To check the numbers in Cole’s tweet, we went to the Federal Reserve Bank of St. Louis, which has an interactive database for these kinds of figures. Here’s what we found for each claim:

“(President Ronald) Reagan took the deficit from 70 billion to 175 billion.” This is more or less accurate. The federal deficit went from about $78.9 billion at the beginning of Reagan’s presidency to $152.6 billion at the end of it. At points between 1983 and 1986, the deficit was actually more than $175 billion.

“(George H.W.) Bush 41 took it to 300 billion.” Close, but not exactly. The number was around $255 billion at the end of Bush’s term. The deficit spiked at around $290.3 billion the year before he left office.

“(Bill) Clinton got it to zero.” This is true. During his presidency, Clinton managed to zero out the deficit and end his term with a $128.2 billion surplus.

“(George W.) Bush 43 took it from 0 to 1.2 trillion.” This is in the ballpark. Ignoring the fact that he actually started his presidency with a surplus, Bush left office in 2009 with a federal deficit of roughly $1.41 trillion.

“(Barack) Obama halved it to 600 billion.” This is essentially accurate. Obama left the presidency with a deficit of approximately $584.6 billion, which is more than halving $1.41 trillion. The deficit was even lower in 2015 at around $441.9 billion.

We had to look for more recent data to back up Cole’s allegation that “Trump’s got it back to a trillion.”

Featured Fact-check

A Treasury Department statement from June put the federal deficit at about $747.1 billion so far this fiscal year. But the agency also reported that Washington is on track to post a $1.1 trillion deficit by the end of September, which backs up Cole’s claim.

After we published this story, some readers asked us to look at the annual deficit in terms of constant dollars, which adjust for inflation. Data since 1940 show that the deficit was highest in 2009, 2010 and 2011 — the height of the Great Recession and the aftermath of the 2009 stimulus package.

Presidential power

How much power do presidents have to change the deficit anyway?

The president does affect the budget by negotiating and signing appropriations bills. But there’s a lot more to it.

First, the country’s economic situation has a big impact on the federal deficit. The Great Recession affected the deficit near the end of George W. Bush’s administration and the beginning of Obama’s, said Stephen Ellis, executive vice president of the nonprofit Taxpayers for Common Sense. There was more spending on safety net programs like food stamps and Medicaid and less income from taxes.
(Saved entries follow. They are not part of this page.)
impl Host for MemHost {
    type Dev = MemDevice;

    ghost use Rattle.std.specs.Prelude.{◌==◌, ◌∷◌, IsErrOf, OnErr, false};
    ghost use Rattle.blk_device.specs.Causes.{Rose, one_more};
    ghost use Rattle.image_hosts.specs.MemHost.{stored_by, redo_files_by, Awaits, asked_of, failing_behind, failing_by, loans_of};
    ghost use Rattle.image_hosts.specs.Stored.{Out, Back, Lends, IsAskedFor, asks, due_of, image_of};

    ghost tells = { λ h. true };

    ghost stored = { stored_by };

    ghost redo_files = { redo_files_by };

    ghost awaits = { Awaits };

    ghost asked = { asked_of };

    ghost loans = { loans_of };

    ghost host_faults = { λ h. h.host_faults };

    ghost dev_faults = { λ h. h.dev_faults };

    ghost report_keeps = { λ a b kept. kept };

    /// Opens a copy of the image, or a new one, on which the calls that are chosen for this image will
    /// fail, counted behind those that put a redo file there, one for each of its blocks. The host
    /// fails exactly where there is no image of that name.
    fn device(
        &mut self,
        image: &str,
        redo: Option<&str>,
        purpose: Purpose,
    ) -> Result<MemDevice, OpenFault>
        ensures told { IfOk result (Lent ⟦<MemDevice as Device>⟧ purpose true (stored_by self.old image.now)
            (redo_asked (redo_files_by self.old) redo.entry)) }
        ensures redo_blocks { IsNone redo.entry → IfOk result (λ dev. ⟦<MemDevice as Device>⟧.blocks dev Region.Redo ≡ REDO_BLOCKS) }
        ensures fresh { IfOk result (λ dev. ⟦<MemDevice as Device>⟧.faults dev ≡ 0) }
        ensures lent { IfOk result (λ dev. Lends (Out dev ∷ []) (loans_of self.old) (loans_of self.new)) }
        ensures unlent { OnErr result (loans_of self.new ≡ loans_of self.old) }
        ensures place { OnOk result (Awaits self.new image.now) }
        ensures others { (n : List ℕ) → bytes_eq n image.now ≡ false
            → stored_by self.new n ≡ stored_by self.old n }
        ensures none { OnErr result ((n : List ℕ) → stored_by self.new n ≡ stored_by self.old n) }
        ensures redo { (n : List ℕ) → redo_files_by self.new n ≡ redo_files_by self.old n }
        ensures failed { IsErrOf result OpenFault.Failed → Rose self.old.host_faults self.new.host_faults }
        ensures calm { OnOk result (self.new.host_faults ≡ self.old.host_faults) }
        ensures later { self.old.host_faults ≤ self.new.host_faults }
        ensures memory { IsErrOf result OpenFault.Memory → self.new.host_faults ≡ self.old.host_faults }
        ensures asked { IsAskedFor (IsErrOf result OpenFault.Memory)
            (asks image.now (name_of redo.entry) purpose) (asked_of self.old) (asked_of self.new) }
        ensures devices { self.new.dev_faults ≡ self.old.dev_faults }
        ensures report { Some self.new.report.items ≡ Some self.old.report.items }
        ensures sink { self.new.sink_faults ≡ self.old.sink_faults }
        ensures missing { IsErrOf result OpenFault.Failed → IsNone (failing_by self.old image.now) }
        ensures failing { IfOk result (λ dev. failing_behind (calls_to_open purpose self.old.redos redo.entry) self.old image.now ≡ Some (failing_calls dev)) }
        ensures first { IfOk result (λ dev. calls_asked dev ≡ calls_to_open purpose self.old.redos redo.entry) }
        ensures kept { (n : List ℕ) → failing_by self.new n ≡ failing_by self.old n }
    {
        let alloc = *self.asked.allocator();
        keep_request(alloc, &mut self.asked, image, redo, purpose)?;
        let Some(file) = self.images.get(image) else {
            count_fault(&mut self.host_faults);
            return Err(OpenFault::Failed);
        };
        // A copy: where there is no memory for it, the image is still there.
        let dev = open_for(alloc, file, &self.redos, redo, purpose)?;
        let due = due_for(alloc, purpose, redo)?;
        make_due(alloc, &mut self.redos, &due)?;
        self.due = due;
        Ok(dev)
    }

    /// Keeps the device's image under this name, and with it which calls are to fail; and where it was
    /// asked for to be changed, its redo region in the redo file.
    fn put_back(&mut self, image: &str, dev: MemDevice)
        requires { Awaits self.old image.now }
        ensures lent { Lends (Back dev ∷ []) (loans_of self.old) (loans_of self.new) }
        ensures image { (n : List ℕ) → stored_by self.new n ≡ stored_with image.now
            (image_of ⟦<MemDevice as Device>⟧ dev) (stored_by self.old) n }
        ensures redo { FollowsRedo (due_of (asked_of self.old))
            (stored_redo (⟦<MemDevice as Device>⟧.content dev) (⟦<MemDevice as Device>⟧.blocks dev))
            (redo_files_by self.old) (redo_files_by self.new) }
        ensures host { self.new.host_faults ≡ self.old.host_faults }
        ensures devices { self.new.dev_faults ≡ (if ⟦<MemDevice as Device>⟧.faults dev == 0
            then self.old.dev_faults
            else one_more self.old.dev_faults) }
        ensures asked { asked_of self.new ≡ asked_of self.old }
        ensures report { Some self.new.report.items ≡ Some self.old.report.items }
        ensures sink { self.new.sink_faults ≡ self.old.sink_faults }
        ensures kept { (n : List ℕ) → failing_by self.new n ≡ failing_by self.old n }
    {
        let mut dev = dev;
        count_failed(&mut self.dev_faults, dev.fault_count());
        let alloc = *self.asked.allocator();
        keep_due(alloc, &mut self.redos, &self.due, &mut dev);
        let size = dev.size(Region::Image);
        let blocks = dev.into_image();
        replace_image(&mut self.images, image, size, blocks);
    }
}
Second, new presidents take office in January and, for the most part, inherit the budget from the previous administration for the remainder of the fiscal year — not to mention legislation passed in years prior. “Even the ‘dream budget’ that the president proposes is tied by all sorts of historical obligations and economic conditions,” Tara Sinclair, an associate professor of economics and international affairs at George Washington University, told PolitiFact.
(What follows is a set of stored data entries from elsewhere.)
// A root of two subtrees: at offset 0 from block 40 on, and at offset 30 from the other block on.
fn two_leaves(
    alloc: Global,
    inodes: Block,
    first: Block,
    second: (u16, u64, u16),
) -> Result<MemDevice, AllocError> {
    device_of(
        alloc,
        inodes,
        first,
        leaf(second.0, 40, second.1, 41, second.2),
        Block::zeroed(),
    )
}

#[test]
fn bad_blocks_have_their_faults(rt: HostRuntime) -> Result<(), Fail> {
    let alloc = rt.alloc();
    for fork in [Fork::Data, Fork::Attr] {
        // The root's level, keys and second pointer; the first leaf's count and left sibling; the second
        // leaf's count, right sibling and first offset; the offset that is read from.
        for (root, first, second, from, fault) in [
            // Pointers to block 0 of both groups, to one behind the image, to the block before, and to
            // the leaf of another place in the other group.
            ((1, 2, 0), (12, NONE), (1, NONE, 30), 30, ForkFault::Block),
            ((1, 2, 256), (12, NONE), (1, NONE, 30), 30, ForkFault::Block),
            ((1, 2, 400), (12, NONE), (1, NONE, 30), 30, ForkFault::Block),
            ((1, 2, 40), (12, NONE), (1, NONE, 30), 30, ForkFault::Block),
            ((1, 2, 261), (12, NONE), (1, NONE, 30), 30, ForkFault::Block),
            // Levels that don't fall, a wrong left sibling, and a right sibling at the end.
            ((2, 2, 41), (12, NONE), (1, NONE, 30), 0, ForkFault::Block),
            ((1, 2, 41), (12, 7), (1, NONE, 30), 0, ForkFault::Block),
            ((1, 2, 41), (12, NONE), (1, 42, 30), 30, ForkFault::Block),
            // Another key than that beside the pointer; a leaf without a mapping; more than fit.
            ((1, 2, 41), (12, NONE), (1, NONE, 29), 30, ForkFault::Block),
            ((1, 2, 41), (12, NONE), (0, NONE, 30), 30, ForkFault::Block),
            ((1, 2, 41), (252, NONE), (1, NONE, 30), 0, ForkFault::Block),
            // A root with more keys than fit; a root of level 0, and one above 9.
            ((1, 21, 41), (12, NONE), (1, NONE, 30), 0, ForkFault::Count),
            ((0, 2, 41), (12, NONE), (1, NONE, 30), 0, ForkFault::Format),
            ((10, 2, 41), (12, NONE), (1, NONE, 30), 0, ForkFault::Format),
        ] {
            let device = two_leaves(
                alloc,
                inodes(fork, root.0, root.1, [(0, 40), (30, root.2), (0, 0)]),
                leaf(first.0, first.1, 41, 40, 0),
                second,
            )?;
            let found = piece_at(alloc, device, fork, from).err();
            same(&rt, found, Some(ReadFault::Fork(fault)));
        }
    }
    Ok(())
}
None of that is to say that the president doesn’t have any effect on the deficit, Ellis said. He used Reagan’s tax cuts and Obama’s stimulus package as examples of how the president can affect deficit spending.

The combination of spending hikes and tax cuts amplifies deficits. Trump oversaw both. While the rise in spending was bi-partisan, the tax cuts were a Republican effort that Trump championed. In the time since Trump signed his landmark Tax Cuts and Jobs Act in December 2017, the deficit has increased by more than $100 billion. A Congressional Budget Office report from April 2018 found that the law could add almost $1.9 trillion to the deficit over 10 years.
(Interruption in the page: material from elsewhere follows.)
// The machine of document 01 as definitions and theorems, and no function. What a reader must believe is in specs/, and what
// is proved of it is in proofs/.
#![tactic(auto)]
But Cole’s tweet still lacks some nuance.

Our ruling

A viral tweet made several claims about how the deficit has grown under Republican presidents and shrunk under Democrats.

On the whole, the numbers presented for each president are basically accurate. However, it’s worth clarifying that presidents alone are not responsible for the rise and fall of the federal deficit.

The tweet is accurate but needs additional information. We rate it Mostly True.